--- DATA FOR THE TASK ---
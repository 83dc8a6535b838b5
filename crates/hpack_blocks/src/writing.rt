ghost use Rattle.std.specs.Prelude.{◌≡◌, ◌++◌, ◌&&◌, ◌^◌, ◌<◌, All, OnOk, IfOk, IfSome, length};
ghost use Rattle.std.specs.Option.{ForSome};
ghost use Rattle.std.specs.Str.{bytes_eq};
ghost use Rattle.hpack_blocks.specs.Spelling.{Fits, BlockReadsBack, block_spelling, field_spelling, literal_spelling, string_spelling, place_of_field, place_of_name};

use crate::fields::Field;
use crate::static_table::{STATIC_LEN, static_entry};
use hpack_codes::write_int;
use outside::{Blob, Memory};
use std::alloc::Global;

/// Octets of a usual block.
const USUAL_LEN: usize = 64;

/// Whether a field has this name and this value.
fn is_field(name: &str, value: &str, field: &Field) -> bool
    ensures { result ≡ (bytes_eq name.now field.now.name && bytes_eq value.now field.now.value) }
{
    name.as_bytes() == field.name.bytes() && value.as_bytes() == field.value.bytes()
}

/// Whether these are the octets of a name.
fn is_name(name: &str, octets: &[u8]) -> bool
    ensures { result ≡ bytes_eq name.now octets.now }
{
    name.as_bytes() == octets
}

/// The place in the static table, from 0, of a field.
fn field_place(field: &Field) -> Option<u32>
    ensures place { result ≡ place_of_field field.now }
    ensures within { IfSome result (λ place. place < 61) }
{
    for place in 0..STATIC_LEN {
        let (name, value) = static_entry(place);
        if is_field(name, value, field) {
            return Some(place as u32);
        }
    }
    None
}

/// The least place in the static table, from 0, of a name.
fn name_place(octets: &[u8]) -> Option<u32>
    ensures place { result ≡ place_of_name octets.now }
    ensures within { IfSome result (λ place. place < 61) }
{
    for place in 0..STATIC_LEN {
        let (name, _) = static_entry(place);
        if is_name(name, octets) {
            return Some(place as u32);
        }
    }
    None
}

/// Adds a string as it stands.
#[tactic(auto, unfolding(crate::specs::Spelling::string_spelling))]
fn write_string(alloc: Global, out: &mut Vec<u8>, octets: &[u8]) -> Result<(), Memory>
    requires { length octets.now < 2 ^ 32 }
    ensures { OnOk result (out.new.items ≡ out.old.items ++ string_spelling octets.now) }
{
    write_int(alloc, out, 0, 7, octets.len() as u32)?;
    out.extend_from_slice(octets)?;
    Ok(())
}

/// Adds a literal without indexing.
#[tactic(auto, unfolding(crate::specs::Spelling::literal_spelling))]
fn write_literal(
    alloc: Global,
    out: &mut Vec<u8>,
    place: Option<u32>,
    field: &Field,
) -> Result<(), Memory>
    requires place { ForSome place (λ p. p < 61) }
    requires fits { Fits field.now }
    ensures { OnOk result (out.new.items ≡ out.old.items ++ literal_spelling place field.now) }
{
    match place {
        Some(place) => write_int(alloc, out, 0, 4, place + 1)?,
        None => {
            write_int(alloc, out, 0, 4, 0)?;
            write_string(alloc, out, field.name.bytes())?;
        }
    }
    write_string(alloc, out, field.value.bytes())
}

/// Adds a field.
#[tactic(auto, unfolding(crate::specs::Spelling::field_spelling, crate::specs::Spelling::spelling_at))]
fn write_field(alloc: Global, out: &mut Vec<u8>, field: &Field) -> Result<(), Memory>
    requires { Fits field.now }
    ensures { OnOk result (out.new.items ≡ out.old.items ++ field_spelling field.now) }
{
    match field_place(field) {
        Some(place) => write_int(alloc, out, 128, 7, place + 1),
        None => {
            let place = name_place(field.name.bytes());
            write_literal(alloc, out, place, field)
        }
    }
}

/// The header block of these fields.
///
/// A field that equals an entry of the static table is written as its index; another as a literal
/// without indexing, with the least static index of its name where there is one, and strings as
/// they stand. The first block of a connection sets the dynamic table to 0 before. Each name and
/// each value is shorter than 2^32 octets.
pub fn write_block(alloc: Global, fields: &[Field], first: bool) -> Result<Blob, Memory>
    requires { All Fits fields.now }
    ensures spelled { IfOk result (λ b. b ≡ block_spelling first fields.now) }
    // Whatever the table of the other side is, it reads these fields.
    ensures reads_back { IfOk result (λ b. BlockReadsBack first fields.now b) }
{
    spelled_block(alloc, fields, first)
}

/// Writes field after field.
fn spelled_block(alloc: Global, fields: &[Field], first: bool) -> Result<Blob, Memory>
    requires { All Fits fields.now }
    ensures { IfOk result (λ b. b ≡ block_spelling first fields.now) }
{
    let mut out = Vec::with_capacity(alloc, USUAL_LEN)?;
    if first {
        out.push(0x20)?;
    }
    for field in fields {
        write_field(alloc, &mut out, field)?;
    }
    Ok(Blob::from_vec(out))
}
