//! Header blocks of HPACK both ways (RFC 7541), as HTTP/2 carries them.
//!
//! - [`Decoder`] keeps the dynamic table of one direction of a connection, and gives the fields of
//!   block after block; [`BlockFault`] says why a block gives none.
//! - [`reads_the_grammar`] is the law that the function which reads a block in the contracts answers
//!   exactly where the grammar of the standard holds.
//! - [`write_block`] spells a list of fields as this server does.
//! - [`Field`] and [`FieldList`] are what both speak of.
#![tactic(auto)]

mod decoder;
mod dynamic_table;
mod faults;
mod fields;
mod laws;
mod listed;
mod reading;
mod sizes;
mod static_table;
mod strings;
mod writing;

pub use decoder::Decoder;
pub use faults::BlockFault;
pub use fields::{Field, FieldList};
pub use laws::reads_the_grammar;
pub use writing::write_block;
---
• _WORK TASK_
Out of the data above, return each line where the word "Global" can be found.

• _YOUR RESPONSE_
use std::alloc::Global;
fn write_string(alloc: Global, out: &mut Vec<u8>, octets: &[u8]) -> Result<(), Memory>
    alloc: Global,
fn write_field(alloc: Global, out: &mut Vec<u8>, field: &Field) -> Result<(), Memory>
pub fn write_block(alloc: Global, fields: &[Field], first: bool) -> Result<Blob, Memory>
fn spelled_block(alloc: Global, fields: &[Field], first: bool) -> Result<Blob, Memory>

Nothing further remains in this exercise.